A B-tree of order m (maximum number of children per node) satisfies:

  1. Every node has at most m children.
  2. Every internal node (except root) has at least ⌈m/2⌉ children.
  3. The root has at least two children if it is not a leaf.
  4. All leaves appear at the same depth (tree is balanced).
  5. Each node contains k keys where ⌈m/2⌉-1 ≤ k ≤ m-1.
  6. Keys within a node are ordered; children subtrees separate keys according to their values.

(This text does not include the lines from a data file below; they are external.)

// Decks that are made by hand, and read as dumps.
use cms_cards::{CARD, Card, Deck, read_deck, write_deck};
use cms_cases::{Report, number, word};
use std::alloc::Global;
use std::process::Abort;

/// `fixed/SIZE/COUNT`: the size and the number of the records of the file that is read from so many cards, on which a file with one record
/// of so many bytes stands. `changed/read`: the places of a deck of one card at which another byte makes it the dump of another file;
/// `changed/dumped`: those where the dump of the file that is read is the changed deck.
pub const ROWS: &str = "\
fixed/35/0 => None
fixed/35/1 => Some((35, 1))
fixed/35/2 => None
fixed/36/1 => None
fixed/36/2 => Some((36, 1))
fixed/36/3 => None
fixed/107/2 => Some((107, 1))
fixed/108/2 => None
fixed/108/3 => Some((108, 1))
fixed/179/3 => Some((179, 1))
fixed/180/3 => None
changed/read => [16, 17, 18, 19, 24, 38, 41, 42, 43, 47, 48, 49, 50, 51]
changed/dumped => [16, 17, 18, 19, 24, 38, 41, 42, 43, 47, 48, 49, 50, 51]";

// The bytes of a card behind the mark and the card's number.
const PIECE: usize = 72;

// A name and a type.
const NAME: [u8; 16] = *b"\xC1\x40\x40\x40\x40\x40\x40\x40\xC6\xC9\xD3\xC5\x40\x40\x40\x40";

// A card with its number and a piece of a text.
fn card(number: u8, piece: &[u8]) -> Card {
    let mark = [0xC3, 0xD4, 0xE2, 0xC4, 0, 0, 0, number];
    let mut card = [0; CARD];
    for (to, from) in card.iter_mut().zip(mark.iter().chain(piece)) {
        *to = *from;
    }
    card
}

// So many cards of a text, those behind its end without any of it.
fn deck_of<R: Abort>(rt: &R, alloc: Global, text: &[u8], count: u8) -> Deck {
    let mut deck = Deck::new(alloc);
    let mut rest = text;
    for number in 0..count {
        let (piece, behind) = rest.split_at(PIECE.min(rest.len()));
        deck.push(card(number, piece)).expect(rt, "memory");
        rest = behind;
    }
    deck
}

// The text of a file A FILE A1 of 1900-01-01 00:00:02, with one record of F of so many letters.
fn fixed<R: Abort>(rt: &R, alloc: Global, size: u32) -> Vec<u8> {
    let length = size.to_be_bytes();
    let head: [&[u8]; 6] = [
        &NAME,
        &[0xF1, 0xC6],
        &length,
        &[0, 0, 0, 1],
        &length,
        &[0, 1, 1, 0, 0, 2, 0],
    ];
    let mut text = head.concat(alloc).expect(rt, "memory");
    let end = text.len().saturating_add(size as usize);
    text.resize(end, 0xE7).expect(rt, "memory");
    text
}

fn tell_fixed<R: Abort>(into: &mut Report, rt: &R, alloc: Global, case: &str) {
    let text = fixed(rt, alloc, number(word(case, 1)).min(1000));
    let count = u8::try_from(number(word(case, 2))).unwrap_or(0);
    let deck = deck_of(rt, alloc, &text, count);
    let read = read_deck(alloc, &deck).expect(rt, "memory");
    into.value(&read.map(|(_, file)| (file.length, file.count)))
}

// The text of a file A FILE A1 of 1900-01-01 00:00:02, with the record HELLO of V.
const HELLO: [u8; 44] = [
    0xC1, 0x40, 0x40, 0x40, 0x40, 0x40, 0x40, 0x40, 0xC6, 0xC9, 0xD3, 0xC5, 0x40, 0x40, 0x40, 0x40,
    0xF1, 0xE5, 0, 0, 0, 5, 0, 0, 0, 1, 0, 0, 0, 7, 0, 1, 1, 0, 0, 2, 0, 0, 5, 0xC8, 0xC5, 0xD3,
    0xD3, 0xD6,
];

// Whether a file is read from a deck of this card, and whether its dump is that deck.
fn is_read<R: Abort>(rt: &R, alloc: Global, card: Card) -> (bool, bool) {
    let mut deck = Deck::new(alloc);
    deck.push(card).expect(rt, "memory");
    match read_deck(alloc, &deck).expect(rt, "memory") {
        Some((name, file)) => {
            let again = write_deck(alloc, &file, &name).expect(rt, "memory");
            (true, again.as_slice() == deck.as_slice())
        }
        None => (false, false),
    }
}

// The places of a card at which another byte makes it the dump of another file; or those where that file's dump is the changed card.
fn tell_places<R: Abort>(into: &mut Report, rt: &R, alloc: Global, dumped: bool) {
    let mut places = Vec::new(alloc);
    for place in 0..CARD {
        let mut changed = card(0, &HELLO);
        changed[place] ^= 1;
        let (read, same) = is_read(rt, alloc, changed);
        if read && (same || !dumped) {
            places.push(place).expect(rt, "memory");
        }
    }
    into.value(&places)
}

/// Tells what a case comes to.
pub fn tell<R: Abort>(into: &mut Report, rt: &R, alloc: Global, case: &str) {
    match word(case, 0) {
        "fixed" => tell_fixed(into, rt, alloc, case),
        _ => tell_places(into, rt, alloc, word(case, 1) == "dumped"),
    }
}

Note: When a node is full (i.e., has m-1 keys), it must be split during insertion.

Operations

we search by doing a multiway decision according to the number of children of the node Top level call is SEARCH(T.root,k)

def SEARCH(x, k):
    i = 0
    while i < x.n and k > x.key[i]:
        i += 1
    if i < x.n and k == x.key[i]:
        return (x, i)
    elif x.leaf:
        return NIL
    else:
        DISK-READ(x.c[i])
        return SEARCH(x.c[i], k)

Analysis

  • Let:
    • n = total number of keys,
    • t = minimum degree of the B-tree.
  • Disk accesses: O(logₜ n) (disk read at each level).
  • CPU time: O(t logₜ n), because:
    • The while loop at each node scans up to 2t - 1 keys, costing O(t) time.
  • Efficiency: B-trees reduce the number of slow disk reads dramatically compared to binary trees.

CREATE

Creating an empty B-tree

  • Requires O(1) disk operations
  • O(1) CPU time
def CREATE(T):
	x = ALLOCATE-NODE() 
	x.leaf = TRUE 
	x.n = 0 
	DISK-WRITE(x) 
	T.root = x

INSERT

  • Insertions find the correct leaf position for the new key.
  • If a node is full, it is split before insertion to maintain B-tree properties.
  • Splitting may propagate up to the root, increasing tree height by one.

SPLIT-CHILD

  • Splits a full child y of node x at index i.
  • Moves y’s median key up into x and creates a new right child z.
    • CPU Time: O(t)
    • Disk Writes: O(1)
def SPLIT-CHILD(x, i):
    z = ALLOCATE-NODE()
    y = x.c[i]
    z.leaf = y.leaf
    z.n = t - 1
    for j in range(t-1):
        z.key[j] = y.key[j+t]
    if not y.leaf:
        for j in range(t):
            z.c[j] = y.c[j+t]
    y.n = t - 1
    for j in range(x.n, i, -1):
        x.c[j+1] = x.c[j]
    x.c[i+1] = z
    for j in range(x.n-1, i-1, -1):
        x.key[j+1] = x.key[j]
    x.key[i] = y.key[t-1]
    x.n += 1
    DISK-WRITE(x), DISK-WRITE(y), DISK-WRITE(z)

INSERT-NONFULL

  • Inserts a key k into a nonfull node x.
  • If the child is full, split it before descending.
def INSERT-NONFULL(x, k):
    i = x.n - 1
    if x.leaf:
        while i >= 0 and k < x.key[i]:
            x.key[i+1] = x.key[i]
            i -= 1
        x.key[i+1] = k
        x.n += 1
        DISK-WRITE(x)
    else:
        while i >= 0 and k < x.key[i]:
            i -= 1
        i += 1
        DISK-READ(x.c[i])
        if x.c[i].n == 2*t - 1:
            SPLIT-CHILD(x, i)
            if k > x.key[i]:
                i += 1
        INSERT-NONFULL(x.c[i], k)

INSERT

Top-level insertion into the B-tree T.

def INSERT(T, k):
    r = T.root
    if r.n == 2*t - 1:
        s = ALLOCATE-NODE()
        T.root = s
        s.leaf = False
        s.n = 0
        s.c[0] = r
        SPLIT-CHILD(s, 0)
        INSERT-NONFULL(s, k)
    else:
        INSERT-NONFULL(r, k)
  • If root is full, split it and create a new root.
  • Otherwise, directly insert into the nonfull root.

Insertion Summary

AspectDetail
Disk AccessesO(logₜ n)
CPU TimeO(t logₜ n)
SplittingOnly way tree height increases
StrategyOne-pass: split nodes during descent

Variants

There are several B-tree variants optimized for different use-cases:

  • 2-3-4 Trees:
    • every internal node has either two or three children
    • can have up to 4 children
  • B+ Trees:
    • Internal nodes only store keys (no data).
    • All data stored in leaves.
    • Leaves linked sequentially for fast range queries.
  • B Trees*:
    • Variation of B-trees with better space utilization (~2/3 full).
    • Redistributes keys between nodes before splitting.

Applications

B-trees (especially B+ trees) are used in many real-world systems:

  • Databases: indexing large datasets (e.g., PostgreSQL, MySQL).
  • File systems: directory storage (e.g., NTFS, HFS+, EXT4).
  • Operating systems: page replacement and virtual memory management.
  • Storage engines: optimizing reads and writes for large secondary storage.